_Supplied records_:
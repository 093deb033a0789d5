// A journal of an older version is written anew.
ghost use Rattle.std.specs.Prelude.{◌≡◌, ◌↔◌, [], ℕ, Result, None, IfOk, IfErr};
ghost use Rattle.checkpoint.specs.Answer.{IsFault as IsCompactFault, disk_in as disk_in_compact};
ghost use Rattle.queue_rows.specs.declared.tables.Tables.{Tables};
ghost use Rattle.database_recovery.specs.Sound.{IsSound};
ghost use Rattle.commit_log.specs.Mounting.{IsDamageOf, IsFault, IsMounted, IsRead, IsRefused, disk_in};

use crate::LogFault;
use crate::read::read_log;
use aq_disk::Disk;
use checkpoint::CompactFault;
use checkpoint_commit::{checkpoint_restores, compact_into};
use database_recovery::{PreparedStore, contents_recover};
use redo_journal::Journal;
use std::alloc::Global;

/// The version in which journals are written.
pub(crate) const WRITTEN_VERSION: u32 = 2;

/// Why a journal is not written anew where it is not compacted.
pub(crate) fn fault_of<D>(fault: CompactFault<D>) -> LogFault<D>
    ensures undamaged { (led : Result Tables ℕ) → IsDamageOf led result }
    ensures disk { disk_in result ≡ disk_in_compact fault }
    ensures fault { IsFault result ↔ IsCompactFault fault }
{
    match fault {
        CompactFault::Fault(disk) => LogFault::Fault(disk),
        CompactFault::Memory(disk) => LogFault::Memory(disk),
    }
}

/// A journal of an older version, written anew with the one commit that leads to its tables, and read once more. A disk that then reads
/// otherwise than it was written is damaged.
pub(crate) fn written_anew<D: Disk>(
    alloc: Global,
    journal: Journal<D>,
    store: PreparedStore,
) -> Result<(Journal<D>, PreparedStore), LogFault<D>>
    requires queued { journal.queued ≡ [] }
    requires fine { journal.failed_at ≡ None }
    requires sound { IsSound store.tables }
    requires old { journal.version ≡ 2 → ⊥ }
    ensures mounted { IfOk result (λ r. (disk : D)
        → IsRead D.Disk disk store.tables journal → IsMounted D.Disk disk r.1.tables r.0) }
    ensures version { IfOk result (λ r. r.0.version ≡ 2) }
    ensures refused { IfErr result (λ e. (disk : D)
        → IsRead D.Disk disk store.tables journal → IsRefused D.Disk disk e) }
{
    checkpoint_restores();
    contents_recover();
    let disk = match compact_into(alloc, journal, store.tables()) {
        Ok(disk) => disk,
        Err(fault) => return Err(fault_of(fault)),
    };
    drop(store);
    let (journal, store) = match read_log(alloc, disk) {
        Ok(read) => read,
        Err(fault) => return Err(fault),
    };
    if journal.version() == WRITTEN_VERSION {
        return Ok((journal, store));
    }
    let root = journal.active().root;
    Err(LogFault::Damaged(root, journal.into_disk()))
}
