// A log is mounted.
ghost use Rattle.std.specs.Prelude.{◌≡◌, IfOk, IfErr, IsOkAnd};
ghost use Rattle.commit_log.specs.Mounting.{IsMounted, IsRead, IsRefused, IsRenewable};

use crate::anew::{WRITTEN_VERSION, written_anew};
use crate::read::read_log;
use crate::{CommitLog, LogFault};
use aq_disk::Disk;
use database_recovery::PreparedStore;
use redo_journal::Journal;
use std::alloc::Global;

impl<D: Disk> CommitLog<D> {
    /// The log that a journal is which was read of a disk, with a store of its tables. One of an older version is written anew, with the one
    /// commit that leads to these tables, and read once more; where its disk then reads otherwise than it was written, it is damaged there.
    pub fn renew(
        alloc: Global,
        journal: Journal<D>,
        store: PreparedStore,
    ) -> Result<(CommitLog<D>, PreparedStore), LogFault<D>>
        requires { IsRenewable store.tables journal }

        // A journal of the version that is written is the log as it is.
        ensures same { journal.version ≡ 2 → IsOkAnd result (λ r. (r.0 ≡ journal) × (r.1 ≡ store)) }
        ensures version { IfOk result (λ r. r.0.version ≡ 2) }
        ensures mounted { IfOk result (λ r. (disk : D)
            → IsRead D.Disk disk store.tables journal → IsMounted D.Disk disk r.1.tables r.0) }
        ensures refused { IfErr result (λ e. (disk : D)
            → IsRead D.Disk disk store.tables journal → IsRefused D.Disk disk e) }
    {
        if journal.version() == WRITTEN_VERSION {
            return Ok((CommitLog::of(alloc, journal), store));
        }
        match written_anew(alloc, journal, store) {
            Ok((journal, store)) => Ok((CommitLog::of(alloc, journal), store)),
            Err(fault) => Err(fault),
        }
    }

    /// The log that a disk has, and a store of the tables that its commits lead to. A disk that has none yet is begun, and a journal of an
    /// older version is written anew; else nothing is written. `Damaged` tells where the disk is damaged first. Nothing is lost by any
    /// answer.
    pub fn mount(alloc: Global, disk: D) -> Result<(CommitLog<D>, PreparedStore), LogFault<D>>
        ensures mounted { IfOk result (λ r. IsMounted D.Disk disk r.1.tables r.0) }
        ensures refused { IfErr result (IsRefused D.Disk disk) }
    {
        let (journal, store) = match read_log(alloc, disk) {
            Ok(read) => read,
            Err(fault) => return Err(fault),
        };
        CommitLog::renew(alloc, journal, store)
    }
}
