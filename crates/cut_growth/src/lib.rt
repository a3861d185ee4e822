#![tactic(auto)]

// The pair of kept sets grows while a cut runs: `add` takes it by reference, and is called until no place is pending.
ghost use Rattle.std.specs.Prelude.{ℕ, ◌<◌, T};
ghost use Rattle.file.specs.Facts.{Sound};
ghost use Rattle.sets.specs.Member.{member};
ghost use Rattle.cut_rows.specs.Rows.{Rows};
ghost use Rattle.cut_search.specs.Search.{Sets, Ready, Stepped, Finished, Closed};
ghost use Rattle.cut_growth.specs.Added.{Added};

use file_header::Header;
use sets::KeptSets;

// The pair with one place more, by value: so a cut starts.
pub fn with(kept: KeptSets, p: usize) -> KeptSets
    requires { p < 1024 }
    ensures { Added p kept result }
{
    let places = kept.places;
    let transitions = kept.transitions;
    let more = sets::with(places, p);
    KeptSets {
        places: more,
        transitions,
    }
}

// Adds what the lowest pending place draws in. Answers the marks then: 0 where no place was pending.
pub fn add(
    kept: &mut KeptSets,
    file: &[u8],
    h: Header,
    all: bool,
    both: &[u64; 16],
    head: &[u32],
    next: &[u32],
    gone: &mut [u64; 16],
    marks: u64,
) -> u64
    requires { (Sound file.now h × Rows file.now h head.now next.now) × Ready h marks kept.old.places kept.old.transitions gone.old }
    ensures { Stepped file.now h all both.now (result) kept.old.places kept.old.transitions gone.old kept.new.places kept.new.transitions gone.new }
{
    cut_search::step(
        file,
        h,
        all,
        both,
        head,
        next,
        gone,
        marks,
        &mut kept.places,
        &mut kept.transitions,
    )
}

// Adds until no place is pending.
fn grow(
    file: &[u8],
    h: Header,
    all: bool,
    both: &[u64; 16],
    head: &[u32],
    next: &[u32],
    gone: &mut [u64; 16],
    marks: u64,
    kept: KeptSets,
) -> KeptSets
    requires { (Sound file.now h × Rows file.now h head.now next.now) × Ready h marks kept.places kept.transitions gone.old }
    ensures { Finished file.now h all both.now kept.places kept.transitions gone.old result.places result.transitions }
{
    let mut sets = kept;
    let mut m = marks;
    while m != 0 {
        m = add(&mut sets, file, h, all, both, head, next, gone, m);
    }
    sets
}

// Goes through pending places until none is left. Places of `both`, or all, draw in what lowers them too.
pub fn close(
    file: &[u8],
    h: Header,
    all: bool,
    both: &[u64; 16],
    head: &[u32],
    next: &[u32],
    kept: KeptSets,
) -> KeptSets
    requires { (Sound file.now h × Rows file.now h head.now next.now) × Sets kept.places kept.transitions × ((k : ℕ) → T (member kept.places k) → k < h.places) }
    ensures { Closed file.now h all both.now kept.places kept.transitions result.places result.transitions }
{
    let mut gone = [0u64; 16];
    let marks = sets_pending::marks_below(h.places);
    grow(file, h, all, both, head, next, &mut gone, marks, kept)
}
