// How often the inputs of a transition of a plan can be taken together from a marking.
ghost use Rattle.std.specs.Prelude.{◌≡◌, length};
ghost use Rattle.promise.specs.Together.{together_answer, together_rest, TakesLargest};
ghost use Rattle.together.specs.Told.{together_numbers};

use file_header::Due;
use refusals::Refusal;
use together::Together;

// The first entries of `rest` get what is left, one for each place. Refused: the plan's number; 12 for an unknown transition; 15 where the marking
// has not one entry for each place; 13 where `rest` has fewer.
pub fn together(
    plan: &[u8],
    transition: u32,
    marking: &[u64],
    rest: &mut [u64],
) -> Result<Together, Refusal>
    ensures answer { together_numbers result ≡ together_answer plan.now transition marking.now (length rest.old) }
    ensures rest { rest.new ≡ together_rest plan.now transition marking.now rest.old }
    ensures largest { TakesLargest plan.now transition marking.now (together_numbers result) rest.new }
{
    let read = file::read(plan, Due::Plan);
    let Ok(h) = read else {
        return Err(read.unwrap_err());
    };
    let t = transition as usize;
    together::takings(plan, h, t, marking, rest)
}
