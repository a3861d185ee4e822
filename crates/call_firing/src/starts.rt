// Replay of a list of transitions on a plan or a slice, from a lent marking.
ghost use Rattle.std.specs.Prelude.{◌≡◌, length};
ghost use Rattle.promise.specs.Starts.{replay_from_answer, replay_from_marking};
ghost use Rattle.replay.specs.Told.{outcome_numbers};

use file_header::Due;
use refusals::Refusal;
use replay::Outcome;

// Refused: the file's number; 22 or 24 for the start; 11 or 12 for the list; 13 where the marking has fewer entries than the file has places.
pub fn replay_from(
    file: &[u8],
    start: &[u64],
    list: &[u16],
    marking: &mut [u64],
) -> Result<Outcome, Refusal>
    ensures answer { outcome_numbers result ≡ replay_from_answer file.now start.now list.now (length marking.old) }
    ensures marking { marking.new ≡ replay_from_marking file.now start.now list.now marking.old }
{
    let read = file::read(file, Due::Either);
    let Ok(h) = read else {
        return Err(read.unwrap_err());
    };
    inputs_starts::check(file, h, start)?;
    starting::replays::replay(file, h, start, list, marking)
}
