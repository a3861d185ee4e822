// The arcs of a transition, from either of two files.
ghost use Rattle.std.specs.Prelude.{◌≡◌, [], length};
ghost use Rattle.promise.specs.Firing.{arc_run, arc_start};

use file_header::Due;

// The empty part of the file named.
fn no_run<'a>(plan: &'a [u8], slice: &'a [u8], inslice: bool) -> &'a [u8]
    ensures { result.now ≡ [] }
{
    if inslice {
        return &slice[..0];
    }
    &plan[..0]
}

// The run of arcs: a part of the slice where `inslice` holds, else of the plan. It is empty where either file is refused,
// the number is unknown in the file named, or the transition has no arcs there.
pub fn arcs<'a>(plan: &'a [u8], slice: &'a [u8], inslice: bool, transition: u32) -> &'a [u8]
    ensures { result.now ≡ arc_run plan.now slice.now inslice transition }
{
    let Ok(p) = file::read(plan, Due::Plan) else {
        return no_run(plan, slice, inslice);
    };
    let Ok(s) = file::read(slice, Due::Slice) else {
        return no_run(plan, slice, inslice);
    };
    let t = transition as usize;
    if inslice {
        return arcs_effect::run(slice, s, t);
    }
    arcs_effect::run(plan, p, t)
}

// Where that run stands in the file named, in bytes; 0 and 0 where it is empty.
#[derive(Clone, Copy, Debug, PartialEq, Eq)]
pub struct Part {
    pub start: u32,
    pub length: u32,
}

pub fn arc_part(plan: &[u8], slice: &[u8], inslice: bool, transition: u32) -> Part
    ensures start { result.start ≡ arc_start plan.now slice.now inslice transition }
    ensures length { result.length ≡ length (arc_run plan.now slice.now inslice transition) }
{
    let Ok(p) = file::read(plan, Due::Plan) else {
        return Part {
            start: 0,
            length: 0,
        };
    };
    let Ok(s) = file::read(slice, Due::Slice) else {
        return Part {
            start: 0,
            length: 0,
        };
    };
    let t = transition as usize;
    if inslice {
        let r = arcs_effect::run_part(slice, s, t);
        let start = r.start as u32;
        let length = r.length as u32;
        return Part { start, length };
    }
    let r = arcs_effect::run_part(plan, p, t);
    let start = r.start as u32;
    let length = r.length as u32;
    Part { start, length }
}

_Goal of the exercise_: Over all the entries, say how many lines hold the string "while". The reply is the number alone.

_Answer space_: 2